# Smoked goose



## inked52 (Dec 23, 2010)

Looking to smoke first goose for Christmas..does anyone have any tips, suggestions or recipes...thanks


----------



## johnvh (Dec 23, 2010)

subscribed, Id love to hear idea's also


----------



## pineywoods (Dec 23, 2010)

There are quite a few "Goose" threads here if you look toward the top of the page you will see a "Search" box if you enter Goose in it quite a few responses come back. Check out this link

http://www.smokingmeatforums.com/search.php?search=goose&currenttab=All&start=0


----------



## mballi3011 (Dec 23, 2010)

I have smoked one goose and it's different to us. I'm not a hunter by any means but I do know some. Now it turned out pretty darn good. It's a different texture and the flavor is alittle gamie but not much. Now I would suggest maybe brining it in Tip's Slaughter Haoue brine for maybe 4-5 hours and then smoke it with some apple or maybe alittle pear wood if you can get some.

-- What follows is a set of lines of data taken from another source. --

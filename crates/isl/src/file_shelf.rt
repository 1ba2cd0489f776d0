// The files of the system, and its standard input, as a shelf.

ghost use Rattle.std.specs.Prelude.{◌≡◌, ◌≤◌, length, None, IfOk};

use crate::fault_count::FaultCount;
use base::{Failed, Shelf};
use std::alloc::Global;
use std::io::{Read, Seek, SeekFrom};
use std::rt::Files;
use std::{fs, io};

/// The name of the standard input among files.
const STANDARD_INPUT: &str = "-";

/// The files that a runtime reaches, each under its path, and the standard input under the name `-`. It tells no
/// content. The file that was asked for last stays open, and is read on from where the last call ended, so a pipe is
/// read too; a call that goes elsewhere seeks. One that is missing, or where a call goes elsewhere and it cannot be
/// sought in, is a fault, behind which it is opened anew. The standard input is read on alone: a call that goes
/// elsewhere is a fault.
#[derive(Drop)]
pub struct FileShelf<'a, R: Files, I: Read + Drop> {
    files: &'a R,
    alloc: Global,
    input: I,
    input_at: u64,
    last: Option<OpenFile<R::File>>,
    faults: FaultCount,
}

// A file that is open under its name, and the place from which it is read on. Where memory for the name was wanting, it
// has none, and is opened anew by the next call.
#[derive(Drop)]
struct OpenFile<F: Drop> {
    name: Option<String>,
    file: F,
    at: u64,
}

impl<F: Drop> OpenFile<F> {
    fn is_named(&self, name: &str) -> bool {
        match &self.name {
            Some(own) => own.as_str() == name,
            None => false,
        }
    }
}

impl<'a, R: Files, I: Read + Drop> FileShelf<'a, R, I> {
    /// The files of that runtime and its standard input; no call has failed yet, and no file is open.
    pub fn new(files: &'a R, input: I, alloc: Global) -> FileShelf<'a, R, I>
        ensures { result.faults.raised ≡ 0 }
    {
        FileShelf {
            files,
            alloc,
            input,
            input_at: 0,
            last: None,
            faults: FaultCount::new(),
        }
    }

    // Reads once from the standard input, if the place is the one to which it was read; else it fails.
    fn read_input(&mut self, at: u64, buf: &mut [u8]) -> io::Result<usize>
        ensures count { self.new.faults ≡ self.old.faults }
        ensures bound { IfOk result (λ n. n ≤ length buf.old) }
    {
        if self.input_at != at {
            return Err(io::Error::from(io::ErrorKind::NotSeekable));
        }
        let count = self.input.read(buf)?;
        self.input_at = at.saturating_add(count as u64);
        Ok(count)
    }

    // Reads once from that place of the named file, which then stays open.
    fn read_at(&mut self, name: &str, at: u64, buf: &mut [u8]) -> io::Result<usize>
        ensures count { self.new.faults ≡ self.old.faults }
        ensures bound { IfOk result (λ n. n ≤ length buf.old) }
    {
        if name == STANDARD_INPUT {
            return self.read_input(at, buf);
        }
        let mut open = match self.last.take() {
            Some(open) if open.is_named(name) => open,
            other => {
                drop(other);
                OpenFile {
                    name: String::from_str(self.alloc, name).ok(),
                    file: fs::open(self.files, name)?,
                    at: 0,
                }
            }
        };
        if open.at != at {
            open.file.seek(SeekFrom::Start(at))?;
        }
        let count = open.file.read(buf)?;
        open.at = at.saturating_add(count as u64);
        self.last = Some(open);
        Ok(count)
    }
}

impl<'a, R: Files, I: Read + Drop> Shelf for FileShelf<'a, R, I> {
    ghost holds = { λ _ _. None };

    ghost faults = { λ s. s.faults.raised };

    fn read(&mut self, name: &str, at: u64, buf: &mut [u8]) -> Result<usize, Failed> {
        match self.read_at(name, at, buf) {
            Ok(count) => Ok(count),
            Err(_) => Err(self.faults.raise()),
        }
    }
}
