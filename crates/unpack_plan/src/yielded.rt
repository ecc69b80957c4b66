// Conffiles that change their package.
ghost use Rattle.std.specs.Prelude.{◌≡◌, IfOk, OnOk, option_copied, false};
ghost use Rattle.status_records.specs.Conffiles.{has_entry};
ghost use Rattle.std.specs.List.{list_any};
ghost use Rattle.std.specs.Str.{bytes_eq};
ghost use Rattle.unpack_commit.specs.Takeover.{is_config_files};
ghost use Rattle.unpack_plan.specs.Yielded.{counted_entries, counted_with, does_yield, entry_at, first_yielded, moved_entry, put_moved, records_digest_of, yielded, yielded_by};

use diversions::Diversions;
use host_core::ShipPath;
use status_records::{
    ConffileEntries, ConffileEntry, PendingDigest, PendingDigests, Record, State,
};
use std::alloc::AllocError;
use std::marker::Model;
use texts::Text;

/// Where paths are, the incoming package, the packages that let it take paths of theirs, and all
/// records, in the order of names.
#[derive(Drop)]
pub(crate) struct Yielding<'a> {
    pub(crate) diversions: &'a Diversions,
    pub(crate) incoming: &'a Text,
    pub(crate) names: &'a [Text],
    pub(crate) records: &'a [Record],
}

impl<'a> Model for Yielding<'a> {
    ghost use Rattle.unpack_plan.specs.Yielded.{Yielding, yielding};

    ghost Value = { Yielding };

    ghost view = { λ y.
        yielding y.diversions.now.ways y.incoming.now y.names.now y.records.now };
}

fn is_config_files(state: State) -> bool
    ensures { result ≡ is_config_files state }
{
    match state {
        State::ConfigFiles => true,
        State::NotInstalled
        | State::HalfInstalled
        | State::Unpacked
        | State::HalfConfigured
        | State::Installed => false,
    }
}

fn is_one_of(names: &[Text], name: &Text) -> bool
    ensures { result ≡ list_any (bytes_eq name.now) names.now }
{
    names.iter().any(|one| name.as_str() == one.as_str())
}

fn is_same(name: &Text, other: &Text) -> bool
    ensures { result ≡ bytes_eq name.now other.now }
{
    name.as_str() == other.as_str()
}

// Whether an entry of a package records a digest of a place.
fn records_digest_of(
    diversions: &Diversions,
    name: &Text,
    at: &ShipPath,
    entry: &ConffileEntry,
) -> Result<bool, AllocError>
    ensures { IfOk result (λ is. is
        ≡ records_digest_of diversions.now.ways name.now at.now entry.now) }
{
    let place = diversions.ship_place(name, &entry.path)?;
    Ok(place.as_str() == at.as_str() && entry.digest.is_some())
}

// The first of them.
fn entry_at<'a>(
    diversions: &Diversions,
    name: &Text,
    at: &ShipPath,
    entries: &'a [ConffileEntry],
) -> Result<Option<&'a ConffileEntry>, AllocError>
    ensures { IfOk result (λ found. option_copied found
        ≡ entry_at diversions.now.ways name.now at.now entries.now) }
{
    for entry in entries {
        if records_digest_of(diversions, name, at, entry)? {
            return Ok(Some(entry));
        }
    }
    Ok(None)
}

impl<'a> Yielding<'a> {
    fn does_yield(&self, record: &Record) -> bool
        ensures { result ≡ does_yield self.now record.now }
    {
        let own = is_same(&record.name, self.incoming);
        let given = is_one_of(self.names, &record.name);
        !own && (is_config_files(record.state) || given)
    }

    fn yielded_by(
        &self,
        at: &ShipPath,
        record: &'a Record,
    ) -> Result<Option<&'a ConffileEntry>, AllocError>
        ensures { IfOk result (λ found. option_copied found
            ≡ yielded_by self.now at.now record.now) }
    {
        if self.does_yield(record) {
            return entry_at(
                self.diversions,
                &record.name,
                at,
                record.conffiles.as_slice(),
            );
        }
        Ok(None)
    }

    fn first_yielded(&self, at: &ShipPath) -> Result<Option<&'a ConffileEntry>, AllocError>
        ensures { IfOk result (λ found. option_copied found
            ≡ first_yielded self.now at.now self.now.records) }
    {
        for record in self.records {
            let found = self.yielded_by(at, record)?;
            if found.is_some() {
                return Ok(found);
            }
        }
        Ok(None)
    }

    /// The first entry, in the order of the packages' names, that one of them records with a digest of
    /// the place of a path of the incoming package.
    fn yielded(&self, path: &ShipPath) -> Result<Option<&'a ConffileEntry>, AllocError>
        ensures { IfOk result (λ found. option_copied found ≡ yielded self.now path.now) }
    {
        let at = self.diversions.ship_place(self.incoming, path)?;
        self.first_yielded(&at)
    }
}

// The entry of a shipped conffile with the digest of another's.
fn moved_entry(digest: &PendingDigest, other: &ConffileEntry) -> Result<ConffileEntry, AllocError>
    ensures { IfOk result (λ e. e ≡ moved_entry digest.now other.now) }
{
    Ok(ConffileEntry {
        path: digest.path.copy()?,
        digest: other.digest,
        obsolete: false,
        remove_on_upgrade: false,
    })
}

// Puts it in its place, where there is another's.
fn put_moved(
    digest: &PendingDigest,
    entries: &mut ConffileEntries,
    other: Option<&ConffileEntry>,
) -> Result<(), AllocError>
    requires { has_entry entries.old digest.now.path ≡ false }
    ensures { OnOk result
        (entries.new ≡ put_moved digest.now entries.old (option_copied other.entry)) }
{
    let Some(other) = other else {
        return Ok(());
    };
    entries.put(moved_entry(digest, other)?)?;
    Ok(())
}

fn count_with(
    giving: &Yielding,
    entries: &mut ConffileEntries,
    digest: &PendingDigest,
) -> Result<(), AllocError>
    ensures { OnOk result (entries.new ≡ counted_with giving.now entries.old digest.now) }
{
    if entries.has(&digest.path) {
        return Ok(());
    }
    let other = giving.yielded(&digest.path)?;
    put_moved(digest, entries, other)
}

/// What counts as recorded when conffiles are shipped: the entries of a record, and of each conffile of
/// which there is none the digest that another package yields.
pub(crate) fn counted_entries(
    giving: &Yielding,
    recorded: ConffileEntries,
    shipped: &PendingDigests,
) -> Result<ConffileEntries, AllocError>
    ensures { IfOk result (λ entries. entries
        ≡ counted_entries giving.now recorded shipped.now) }
{
    let mut entries = recorded;
    for digest in shipped.as_slice() {
        count_with(giving, &mut entries, digest)?;
    }
    Ok(entries)
}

They both are really smooth and light woods and they will give you just a slight smokey flavor. I smoked the goose to 165° not really knowing what temp to take it to. Now I might go alittle under that but you didn't hear that from me. Then just let it rest and thats a really good time to get more Q-view for us hooked on Q-view folks out here. So enjoy it and let us know how it comes out.


----------



## coffee_junkie (Dec 23, 2010)

If it is a wild goose....IMO dont bother. They are only good for sausage, I have tried everything and nothing is good except brat's or salami. If it is farm raised I can not help.


----------



## biggeorge50 (Dec 23, 2010)

Last year I boned out a wild goose breast, rubbed it, and smoked it to 150.  You won't ever catch me making any sausage with goose again!!!


----------



## johnvh (Dec 23, 2010)

goose is great if you cook it right.


----------